### What the task requires
Pull out every line of the listing below where "stands" appears.

BEGIN Material provided

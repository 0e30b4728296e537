// Texts of a row file.
use crate::unlike::Unlike;
use crate::value::{byte, list, numbered, repeated};
use std::alloc::{AllocError, Global};
use toml::Value;

// So many bytes of a text are shown.
const MOST_SHOWN: usize = 400;

fn add_times(bytes: &mut Vec<u8>, text: &str, times: u64) -> Result<(), Unlike> {
    for _ in 0..times {
        bytes.extend_from_slice(text.as_bytes())?;
    }
    Ok(())
}

fn add_byte(bytes: &mut Vec<u8>, value: &Value) -> Result<(), Unlike> {
    match byte(value) {
        Some(byte) => Ok(bytes.push(byte)?),
        None => Err(Unlike::Form),
    }
}

fn add_number(bytes: &mut Vec<u8>, number: u64) -> Result<(), Unlike> {
    let digits = format!(in *bytes.allocator(); "{number}")?;
    Ok(bytes.extend_from_slice(digits.as_bytes())?)
}

// A string, with the one number where `%` stands, and the other one where `@` stands.
fn add_filled(bytes: &mut Vec<u8>, text: &str, up: u64, down: u64) -> Result<(), Unlike> {
    for byte in text.as_bytes() {
        match *byte {
            b'%' => add_number(bytes, up)?,
            b'@' => add_number(bytes, down)?,
            other => bytes.push(other)?,
        }
    }
    Ok(())
}

// A string for each number from the first to the last, which stands for `%`; for `@` they stand from the last down.
fn add_numbered(bytes: &mut Vec<u8>, text: &str, first: u64, last: u64) -> Result<(), Unlike> {
    let sum = first.saturating_add(last);
    for number in first..last.saturating_add(1) {
        add_filled(bytes, text, number, sum.saturating_sub(number))?;
    }
    Ok(())
}

// A string, once or so many times or for each of some numbers, or one byte.
fn add_piece(bytes: &mut Vec<u8>, piece: &Value) -> Result<(), Unlike> {
    if let Some(text) = piece.as_str() {
        return add_times(bytes, text, 1);
    }
    if let Some((text, times)) = repeated(piece) {
        return add_times(bytes, text, times);
    }
    match numbered(piece) {
        Some((text, first, last)) => add_numbered(bytes, text, first, last),
        None => add_byte(bytes, piece),
    }
}

fn joined(alloc: Global, pieces: &[Value]) -> Result<Vec<u8>, Unlike> {
    let mut bytes = Vec::new(alloc);
    for piece in pieces {
        add_piece(&mut bytes, piece)?;
    }
    Ok(bytes)
}

/// The bytes of a text: a string, or a list of pieces.
pub fn text_of(alloc: Global, value: &Value) -> Result<Vec<u8>, Unlike> {
    if let Some(text) = value.as_str() {
        return Ok(Vec::from_slice(alloc, text.as_bytes())?);
    }
    match list(value) {
        Some(pieces) => joined(alloc, pieces),
        None => Err(Unlike::Form),
    }
}

/// The bytes of a text, of which none is wanted where it is not said.
pub fn bytes_of(alloc: Global, text: Option<&Value>) -> Result<Vec<u8>, Unlike> {
    match text {
        Some(text) => text_of(alloc, text),
        None => Ok(Vec::new(alloc)),
    }
}

fn first_bytes(alloc: Global, bytes: &[u8]) -> Result<Vec<u8>, AllocError> {
    let mut first = Vec::new(alloc);
    for byte in bytes.iter().take(MOST_SHOWN) {
        first.push(*byte)?;
    }
    Ok(first)
}

/// The first bytes of a text, as far as they can be read, behind how many there are.
pub fn shown(alloc: Global, bytes: &[u8]) -> Result<String, AllocError> {
    let first = first_bytes(alloc, bytes)?;
    let text = String::from_utf8_lossy(alloc, &first)?;
    format!(in alloc; "({} bytes) {text}", bytes.len())
}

END Material provided

### Response to the task
// A string, with the one number where `%` stands, and the other one where `@` stands.
// A string for each number from the first to the last, which stands for `%`; for `@` they stand from the last down.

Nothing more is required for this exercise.